Милюков проводил мысль о том, что именно левые конституционалисты являются единственно законными преемниками традиций "внеклассовой" русской интеллигенции. При этом Милюков категорически отвергал веховские обвинения либеральной интеллигенции в антигосударственном "отщепенстве". По его мнению, интеллигенция проявила себя в годы первой русской революции чуть ли не единственной и наиболее последовательной носительницей идеи государственности. "Безгосударственность", как считал Милюков, безосновательно приписывается всей русской интеллигенции. Подобным обвинением стираются различия между различными течениями общественной мысли. В истории русского освободительного движения красной нитью проходит борьба за государственность и законность. Это проявилось в эпоху Екатерины II, в либеральной программе А.Н. Радищева, затем идея государственности ярко воплотилась в союзе правительства и демократической интеллигенции в "эпоху великих реформ". Славянофилов же, которых веховцы делали своими идейными предшественниками, Милюков определял в известном смысле как представителей безгосударственности, поскольку они отрицали в прошлом России государство и "юридические начала".

Защита интеллигенции от обвинений "Вех" сопровождалась утверждениями о том, что не вся интеллигенция являлась социалистической, а значительная ее часть была демократической и либеральной. Недооценка "Вехами" роли либеральной интеллигенции составляла, по мнению многих, одно из основных ошибочных положений "Вех". Вместе с тем, изображая традицию русской интеллигенции в конституционалистских тонах, левые конституционалисты желали идентифицироваться в глазах общественности с героическими традициями радикальной интеллигенции, рассчитывая на объединение сил с ней в борьбе против существовавшего режима.

То, исходя из чего веховцы определяли само понятие "интеллигенция", Н. Гредескул и Д. Овсянико-Куликовский рассматривали как ее основную характеристику на определенном этапе развития.

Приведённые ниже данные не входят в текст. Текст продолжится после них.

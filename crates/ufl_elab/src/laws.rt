//! What is claimed of the definitions: each law is the contract of a function.

ghost use Rattle.std.specs.Prelude.{◌≡◌, ℕ, List, OnSome, option_and_then};
ghost use Rattle.ratio.specs.NumberText.{Decimal, IsDecimal, decimal_value};
ghost use Rattle.ufl_values.specs.Exact.{exact};
ghost use Rattle.ufl_elab.specs.Literals.{literal};

/// A literal is the number of the decimal that its text is by the grammar of numbers, where that fits, and no other
/// text is a literal.
pub fn literals()
    ensures value { (text : List ℕ) (d : Decimal) → IsDecimal text d
        → literal text ≡ option_and_then exact (decimal_value d) }
    ensures lawful { (text : List ℕ) → OnSome (literal text) ((d : Decimal) × IsDecimal text d) }
{}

Если Гредескул определял такую характеристику как "народничество", то Овсянико-Куликовский видел ее в "идеологической "психологии". Он достаточно определенно формулировал признаки "идеологического" сознания: поиск синтеза знаний, идей, моральных устремлений, проповедническая ориентированность мысли, яркая выраженность личных симпатий и антипатий при рассмотрении социальных проблем. Овсянико-Куликовский, в профессиональном плане мысля себя в первую очередь филологом, а не социологом, видел проблему интеллигенции среди центральных проблем общественной жизни России.

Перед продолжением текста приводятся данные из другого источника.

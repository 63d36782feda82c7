//! The forms that a file exports.

ghost use Rattle.std.specs.Prelude.{◌≡◌, ◌++◌, ℕ, List, [], if◌then◌else◌, IfOk, OnOk};
ghost use Rattle.std.specs.Option.{option_map, option_copied};
ghost use Rattle.std.specs.Str.{bytes_eq};
ghost use Rattle.ufl_elab.specs.Names.{get};
ghost use Rattle.ufl_elab.specs.Entries.{names_of};
ghost use Rattle.ufl_elab.specs.Exports.{exports_of, last_exports, form_bound, form_named, name_in, chosen, usual, optional, exported};
ghost use Rattle.ufl_elab.specs.Programs.{Gives};
ghost use Rattle.ufl_elab.specs.Answers.{file_in, names_in, exports_seen};

use crate::bound::Bound;
use crate::names::Names;
use crate::program::Named;
use indexmap::IndexMap;
use sqlite_items::Items;
use std::alloc::{AllocError, Global};
use ufl_read::FormRefusal;
use ufl_syntax::{AssignOp, Span, Stmt, Syn};
use ufl_values::{Reason, Value, is_spelled, refused};

/// A statement that names the forms.
#[derive(Clone, Copy)]
struct Exports<'s> {
    line: u32,
    target: Span,
    items: &'s [Syn],
}

/// The list of a statement whose only target is `forms`, no comma stands among its targets, its sign is `=` and its
/// value is a list.
#[tactic(auto, using(crate::proofs::Readings::list_readings), unfolding(crate::specs::Exports::exports_of))]
fn exports_of<'s>(file: &[u8], st: &'s Stmt) -> Option<Exports<'s>>
    ensures { option_map exports_seen result ≡ exports_of file.now st.now }
{
    let Some(Syn::List(_, items)) = &st.value else {
        return None;
    };
    match (st.op, st.targets.as_slice()) {
        (AssignOp::Set, [target]) => if is_spelled(target.text(file), b"forms") && !st.unpack {
            Some(Exports {
                line: st.line,
                target: *target,
                items: items.as_slice(),
            })
        } else {
            None
        },
        _ => None,
    }
}

/// The last statement that names the forms.
fn last_exports<'s>(file: &[u8], sts: &'s [Stmt]) -> Option<Exports<'s>>
    ensures { option_map exports_seen result ≡ last_exports file.now None sts.now }
{
    let mut last = None;
    for st in sts {
        if let Some(found) = exports_of(file, st) {
            last = Some(found);
        }
    }
    last
}

/// The form that this is, if it is one, with its target.
fn form_bound(alloc: Global, bound: Bound) -> Result<Option<Named>, AllocError>
    ensures { IfOk result (λ r. r ≡ form_bound bound bound.value) }
{
    let Bound {
        value,
        line,
        from,
        len,
    } = bound;
    match value.into_value(alloc)? {
        Value::Form(form) => Ok(Some(Named {
            line,
            from,
            len,
            form,
        })),
        _ => Ok(None),
    }
}

/// Takes what the name is bound to, and gives the form that this is, if it is one.
fn take_form(
    alloc: Global,
    names: &mut IndexMap<&[u8], Bound>,
    name: &[u8],
) -> Result<Option<Named>, AllocError>
    ensures form { IfOk result (λ r. r ≡ form_named (names_of names.old.entries) name.now) }
    ensures rest { (other : List ℕ) → get (names_of names.new.entries) other
        ≡ (if bytes_eq name.now other then None else get (names_of names.old.entries) other) }
{
    match names.swap_remove(name) {
        Some(bound) => form_bound(alloc, bound),
        None => Ok(None),
    }
}

/// A bare name.
#[tactic(auto, using(crate::proofs::Readings::name_readings))]
fn name_in<'f>(file: &'f [u8], item: &Syn) -> Option<&'f [u8]>
    ensures { option_copied result ≡ name_in file.now item.now }
{
    match item {
        Syn::Name(span) => Some(span.text(file)),
        Syn::Number(_) => None,
        Syn::Text(_) => None,
        Syn::Tuple(_, _) => None,
        Syn::List(_, _) => None,
        Syn::Sign(_, _) => None,
        Syn::Binary(_, _) => None,
        Syn::Postfix(_, _) => None,
    }
}

/// The forms of the names in the list, each a bare name that is bound to a form and stands there once.
fn chosen(
    alloc: Global,
    file: &[u8],
    names: &mut IndexMap<&[u8], Bound>,
    exports: Exports<'_>,
) -> Result<Items<Named>, FormRefusal>
    ensures { Gives result (chosen file.now (names_of names.old.entries) (exports_seen exports.entry) [] []
        exports.entry.items.now) }
{
    let mut all = Items::new(alloc);
    for item in exports.items {
        let Some(name) = name_in(file, item) else {
            return Err(refused(Reason::Kind, exports.line, exports.target));
        };
        match take_form(alloc, names, name)? {
            Some(form) => all.push(form)?,
            None => return Err(refused(Reason::Kind, exports.line, exports.target)),
        }
    }
    Ok(all)
}

/// The forms of `a`, `L` and `M`, as far as these are bound to forms.
fn usual(alloc: Global, names: &mut IndexMap<&[u8], Bound>) -> Result<Items<Named>, AllocError>
    ensures { IfOk result (λ r. r ≡ usual (names_of names.old.entries)) }
{
    let mut all = Items::new(alloc);
    push_form(&mut all, take_form(alloc, names, b"a")?)?;
    push_form(&mut all, take_form(alloc, names, b"L")?)?;
    push_form(&mut all, take_form(alloc, names, b"M")?)?;
    Ok(all)
}

/// The form, behind the others.
fn push_form(all: &mut Items<Named>, form: Option<Named>) -> Result<(), AllocError>
    ensures { OnOk result (all.new ≡ all.old ++ optional form) }
{
    match form {
        Some(form) => all.push(form),
        None => Ok(()),
    }
}

/// The forms that the statements export, from what the names are bound to at the end of the file.
#[tactic(auto, unfolding(crate::specs::Exports::exported))]
pub fn exported(alloc: Global, names: Names<'_>, sts: &[Stmt]) -> Result<Items<Named>, FormRefusal>
    ensures { Gives result (exported (file_in names.entry) sts.now (names_in names.entry)) }
{
    let Names {
        file,
        mut bound,
        ..
    } = names;
    match last_exports(file, sts) {
        Some(exports) => chosen(alloc, file, &mut bound, exports),
        None => Ok(usual(alloc, &mut bound)?),
    }
}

Проблему и дело логичности русской интеллигенции Д.Н. Овсянико-Куликовский еще ранее рассматривал в своей «Истории русской интеллигенции», популярнейшем труде по теме, который вышел с 1907 по 1914 гг. пятью изданиями (как и «Вехи»). Для Овсянико-Куликовского история интеллигенции - это история социально-психологических типов героев русской художественной литературы, изложение которой ведется через основную оппозицию «идеологизм - практицизм». Овсянико-Куликовский ведущую тенденцию развития интеллигенции в России видел в движении от идеологического творчества к «широкой политической и культурной деятельности, которая должна быть основана на расчете, знании и справедливости». Тут же он парадоксально признал, что идеологическое творчество - это основное призвание и смысл деятельности интеллигенции, и бросив его, она перестанет быть интеллигенцией.. Задача, по его мнению, состоит в том, чтобы идеологические стремления освободить от мифологических примесей.

В своих воспоминания Д.Н. Овсяннико-Куликовский характеризует системообразующий элемент своего мировоззрения (наиболее концентрированно выразившегося, по его самооценке, в многотомной «Историирусской интеллигенции») как «культ гуманности». Но по сравнению с веховцами подход Овсянико-Куликовского гораздо более историчен, чем морали стичен.

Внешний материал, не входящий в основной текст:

//! What a chain of calls, indices and attributes has come to.

use crate::shared::Shared;
use ufl_syntax::Span;
use ufl_values::Value;

/// What a chain of calls, indices and attributes has come to so far.
#[derive(Drop)]
pub enum Head {
    Whole(Value),
    /// The value of a bare name.
    Named(Shared, Span),
    /// A value whose `.dx` waits for its call.
    Along(Value, Span),
}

Овсянико-Куликовский определил предмет своего изучения как "вопрос о субъективном отношении лица к той или иной умственной деятельности". Он выделял два типа профессионального сознания интеллигента: 1) ориентация на самостоятельное творчество самоценных культурных благ; 2) ориентация на имплантирование уже созданных ценностей в определенную идеологическую структуру, предполагающая избирательное отношение к ним.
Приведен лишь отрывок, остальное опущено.